やはりマークのいる位置では見えなかったらしく、マークがキャスリンがいる位置まで移動してきた。マークが花を見ようと花壇の後ろの方を覗き込んだ。
「この花は!」
マークが驚いた顔をして叫んだ。
「どうしたの?」
「この花は、私がいた国アシュイラ皇国によく咲いていた花アシュイラという花です。国名にもなった由来の花であり王家の紋章にもなっておりました。よくこんなものが...」
キャスリンに話しながらマークの目はうるんでいた。
「そうだったの」
キャスリンが花を見ていると、マークが胸元からペンダントを取り出した。普段は洋服に隠れているらしいそれは、ロケットペンダントの様だった。マークはそのペンダントを首から外してキャスリンに見せた。
そして手の上でロケットペンダントを開けた。そこにはマークの妻であるクロエの笑った顔があった。マークはそのペンダントをもう一回開いた。そこにはクロエの顔ではなく男性と女性の顔があった。
どうやらペンダントは二重構造になっているらしく、もう一つ隠せるようになっていた。
「これは?」
「この方々は、アシュイラ皇国の王と王妃です。スティーブ王子のご両親になります」
キャスリンはそのペンダントを受け取って、食い入るように見た。
「似ているわ、スティーブに」
そういったキャスリンの顔は涙でぬれていた。
「そうですか。どこがですか」
そう尋ねるマークの目も涙でにじんでいる。
「スティーブの目は王妃様に似たのね。今の空のようなきれいな澄み切ったブルーの目をしていたわ。髪は王様に似たのね。深い夜のように黒かったわ」
「私にはスティーブ王子の記憶がありません。

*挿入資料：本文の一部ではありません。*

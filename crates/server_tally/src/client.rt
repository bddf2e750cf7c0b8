//! The counts of a connection.

use crate::counts::Counts;
use crate::tally::Tally;
use crate::timed::Timed;
use server_words::{ClientFigures, ServerWord};
use std::alloc::Global;
use std::sync::atomic::{AtomicU64, Ordering};
use std::sync::{Arc, Wait};
use std::time::Clock;
use values::{NoMemory, Str, Text};

// What is said of a word that isn't answered.
const NOT_ALLOWED: &[u8] = b" is not executed because it is not in the whitelist.\n";

/// What has gone through a connection, for others to read. Its own thread alone counts it.
#[derive(Drop)]
pub(crate) struct Passed {
    /// Its address and port.
    address: Text,
    pub counts: Counts,
    // The frame whose answer is timed: how many answers come until its own has, 0 if none is timed; and since when.
    left: AtomicU64,
    since: AtomicU64,
}

impl Passed {
    pub(crate) fn figures(&self) -> ClientFigures<'_> {
        ClientFigures {
            address: Str::new(self.address.as_str()),
            queued: self.counts.owed(),
            received: self.counts.received(),
            sent: self.counts.sent(),
        }
    }

    fn timed(&self) -> Option<Timed> {
        let left = self.left.load(Ordering::SeqCst);
        if left == 0 {
            return None;
        }
        Some(Timed {
            since: self.since.load(Ordering::SeqCst),
            left,
        })
    }

    fn set_timed(&self, timed: Option<Timed>) {
        match timed {
            None => self.left.store(0, Ordering::SeqCst),
            Some(timed) => {
                self.since.store(timed.since, Ordering::SeqCst);
                self.left.store(timed.left, Ordering::SeqCst);
            }
        }
    }
}

/// The tally of a connection: what its thread counts, and the server's own counts.
#[derive(Drop)]
pub struct ClientTally {
    tally: Arc<Tally, Global>,
    passed: Arc<Passed, Global>,
    // The number under which it is listed.
    number: u64,
}

impl ClientTally {
    /// The tally of the connection with this number, which comes from this address and port.
    pub fn new(
        alloc: Global,
        tally: Arc<Tally, Global>,
        number: u64,
        address: Text,
    ) -> Result<ClientTally, NoMemory> {
        let passed = Arc::new(
            alloc,
            Passed {
                address,
                counts: Counts::new(),
                left: AtomicU64::new(0),
                since: AtomicU64::new(0),
            },
        )?;
        Ok(ClientTally {
            tally,
            passed,
            number,
        })
    }

    /// The same tally once more, for the other side of the connection.
    pub fn share(&self) -> Result<ClientTally, NoMemory> {
        Ok(ClientTally {
            tally: Arc::try_clone(&self.tally)?,
            passed: Arc::try_clone(&self.passed)?,
            number: self.number,
        })
    }

    /// Counts the connection, and lists it if there is memory for that.
    pub fn enter<T: Wait>(&self, rt: &T) {
        self.tally.connections.fetch_add(1, Ordering::SeqCst);
        if let Ok(passed) = Arc::try_clone(&self.passed) {
            let _ = self.tally.clients.lock(rt).insert(self.number, passed);
        }
    }

    /// The connection has ended: nothing of it is waited for any more.
    pub fn leave<T: Wait>(&self, rt: &T) {
        let owed = self.passed.counts.owed();
        self.passed.counts.settle(owed);
        self.tally.counts.settle(owed);
        let _ = self.tally.clients.lock(rt).remove(&self.number);
        self.tally.connections.fetch_sub(1, Ordering::SeqCst);
    }

    /// Counts frames that came. The answer to the last of them is timed if none is.
    pub fn receive<T: Clock>(&self, rt: &T, frames: u64) {
        self.tally.counts.receive(frames);
        self.passed.counts.receive(frames);
        if frames > 0 && self.passed.timed().is_none() {
            self.passed.set_timed(Some(Timed {
                since: self.tally.microseconds(rt),
                left: self.passed.counts.owed(),
            }));
        }
    }

    /// Counts packets that were sent, so many of them answers.
    pub fn send<T: Clock>(&self, rt: &T, packets: u64, answers: u64) {
        self.tally.counts.send(packets);
        self.passed.counts.send(packets);
        let answered = answers.min(self.passed.counts.owed());
        self.tally.counts.settle(answered);
        self.passed.counts.settle(answered);
        if let Some(timed) = self.passed.timed() {
            let rest = timed.after(answered);
            self.passed.set_timed(rest);
            if rest.is_none() {
                let took = self.tally.microseconds(rt).saturating_sub(timed.since);
                self.tally.counts.time(took);
                self.tally.answers.add(took);
            }
        }
    }

    /// The text for a word: its answer, or that it isn't answered. Does what the word asks for, if it is answered.
    pub fn text_for<T: Wait + Clock>(
        &self,
        rt: &T,
        alloc: Global,
        word: ServerWord,
    ) -> Result<Vec<u8>, NoMemory> {
        self.passed.counts.note_word();
        if let Some(text) = self.tally.answer(rt, alloc, word)? {
            return Ok(text);
        }
        let mut text = Vec::new(alloc);
        text.extend_from_slice(&word.letters())?;
        text.extend_from_slice(NOT_ALLOWED)?;
        Ok(text)
    }
}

でもお嬢様に聞けて今日はとてもうれしい気分です」
そういいながらマークの目からも涙があふれ始めた。
「あなたはアシュイラというのね」
キャスリンは自分をいつも励ましてくれたその花に、今までのお礼を兼ねてそっと触れながらその名前をつぶやいた。
その時だ。小さなアシュイラの花が、真っ白い光に包まれた。